While much of the exhibition focuses on Hockney’s newer works, completed after 2004 and in some cases only recently finished for this particular show, there are some outstanding first pieces from Hockney’s younger days. Among these, Bolton Junction (1956) is particularly notable as it shows Hockney’s early preoccupations with his homeland, trees, and a local setting. Although he may not have always portrayed this inspiration, it had clearly entered his psyche: later in the 1990s, while Hockney was living in New York, he painted several scenes of the Yorkshire countryside recalled from drives he took to visit a sick friend from memory. Despite not being painted from living scenes, North Yorkshire (1997) and The Road across the Wolds (1997) lovingly recall the rolling English hills, and the thick spreads of oil across the canvases are illustrative of Hockney’s clear skill in this medium.

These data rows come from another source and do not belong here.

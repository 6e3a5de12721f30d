// Reading of CTR modules.
ghost use Rattle.std.specs.Prelude.{◌≡◌, ◌+◌, ◌-◌, ◌≤◌, ◌↔◌, ℕ, List, length, take, Ok, IsOk, IfOk, OnErr};
ghost use Rattle.std.specs.Int.{w32, to_le_bytes};
ghost use Rattle.pme_base.specs.Causes.{CausedBy};
ghost use Rattle.pme_base.specs.Steps.{Quiet};
ghost use Rattle.crypto_module.specs.Frames as frames;
ghost use Rattle.crypto_module.specs.Modules as modules;
ghost use Rattle.crypto_module.specs.Opening as opening;

use crate::frame::{ModuleKind, extent};
use crate::gcm_module::{OpenModule, nonce_of};
use aes_block::AesKey;
use gcm_seal::ctr_in_place;
use pme_base::{MODULE_LIMIT, Place, Refusal};

/// Decrypts the CTR module at the front of `bytes` in place: counter mode (SP 800-38D, section 6.5) from counter 1.
/// Afterwards the plaintext is the `length` bytes from offset 16 on, and all other bytes are unchanged. The `tag` of the
/// result is all zeros.
///
/// The errors are the ones that `extent` gives, where `room` is the number of bytes after the length field. An error leaves
/// `bytes` unchanged.
pub fn read_ctr(
    key: &AesKey,
    place: &Place,
    at: u64,
    limit: u32,
    bytes: &mut [u8],
) -> Result<OpenModule, Refusal>
    requires small_limit { limit ≤ MODULE_LIMIT }
    ensures answer { opening.left_by result bytes.new ≡
        opening.opened_ctr key.now place.now at limit bytes.old }
    ensures opened { IfOk result (λ open_module.
        opening.IsCtrOpened key.now limit bytes.old bytes.new open_module) }
    ensures consumed { IfOk result (λ open_module. frames.ctr_size place.now at limit bytes.old ≡
        Ok open_module.consumed) }
    ensures accepted { IsOk result ↔ ((plain : List ℕ) ×
        modules.HoldsCtr key.now plain limit bytes.old) }
    ensures unchanged { OnErr result (bytes.new ≡ bytes.old) }
    ensures quiet { Quiet result }
    ensures causes { CausedBy frames.is_frame_cause result }
{
    let size = ctr_size(place, at, limit, bytes)?;
    let nonce = nonce_of(bytes);
    ctr_in_place(key, &nonce, &mut bytes[16..size]);
    Ok(OpenModule {
        length: size - 16,
        consumed: size,
        nonce,
        tag: [0; 16],
    })
}

/// The size of the CTR module at the front of `bytes`, length field included.
fn ctr_size(place: &Place, at: u64, limit: u32, bytes: &[u8]) -> Result<usize, Refusal>
    ensures size { result ≡ frames.ctr_size place.now at limit bytes.now }
    ensures inside { IfOk result (λ size. size ≤ length bytes.now) }
    ensures limited { IfOk result (λ size. size ≤ limit + 16) }
    ensures least { IfOk result (λ size. 16 ≤ size) }
    ensures field { IfOk result (λ size. to_le_bytes w32 (size - 4) ≡ take 4 bytes.now) }
    ensures causes { CausedBy frames.is_frame_cause result }
{
    let head = &bytes[..bytes.len().min(4)];
    let room = bytes.len().saturating_sub(4) as u64;
    let size = extent(ModuleKind::Ctr, place, at, limit, head, room)?;
    Ok(size as usize)
}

However, Hockney did return in time to paint his favorite subject from observation. One room is dedicated to watercolours and oils of the paths, roads, hills and trees of unspoilt Yorkshire. In an interesting juxtaposition, we are invited to compare these techniques employed by Hockney: Whilst the oils are bold and warm, his watercolours offer a level of detail and deep tonal range.

The exhibition moves on to present the idea of the tunnel being a key motif in Hockney’s work, and indeed, in a series of paintings of a woodland tree ‘tunnel’ through different seasons, it is evident why. The tunnel form provides Hockney with numerous trees to portray, their branches and leaves in summer versus winter, and the end of the tunnel leading out onto a beautiful countryside scene. Other recurring images include scenes from Woldgate Woods, hawthorn bushes in full blossom (indeed these paintings of vivid color and strange thick clusters of blossom look almost otherworldly) and felled timber. Felled trees on Woldgate (2008- shown below) is painted across two canvases, and is remarkable due to Hockney’s color choice for translating a woodland scene: pink is the winding path through the blue-trunked trees, and in the center of the foreground a purple tree stump stands strangely tall. Also of note are several outstanding charcoal drawings made as preliminary sketches, which clearly show Hockney’s superb eye for observation.

At this point, the exhibition boldly presents an entire room under the title of The Arrival of Spring in Woldgate, East Yorkshire in 2011, featuring 52 works, some in oil and others lifted from iPad sketches made by the artist. It is these works that have sparked the most debate: is it right for Hockney to use an iPad? What value does it add or take away from his work? These questions require a personal response, and whilst initially I judged some of the pieces, when I saw the iPads themselves it became apparent that Hockney would have applied the same level of observation and execution in these works as his more traditional paintings require.

Hockney’s film montage also portrays a preoccupation to embrace modernity and apply it to his art. Here, several cameras capture the same scenes on several screens (a country lane, Hockney’s own studio, and a dance class complete with pianist in the right hand corner) but from a slightly different vantage point and view. Thus the final image is slightly broken, with elements both missing and repeated, yet totally watchable, and at times very amusing.

A final mention must go to Hockney’s recent work inspired by Claude Lorrain’s Sermon on the Mount (1656). Hockney saw Lorrain’s masterpiece in the Frick Collection, New York, and decided to make a series of his own interpretations related to the scene. The result is fascinating as Hockney experiments with a direct copy, to more abstract forms and sharp lines and shapes.

A Bigger Picture is worth all the hype, and it was a pleasure to take in Hockney’s scenes despite the crowds.

David Hockney RA: A Bigger Picture is now showing at the Royal Academy, London until 9th April 2012.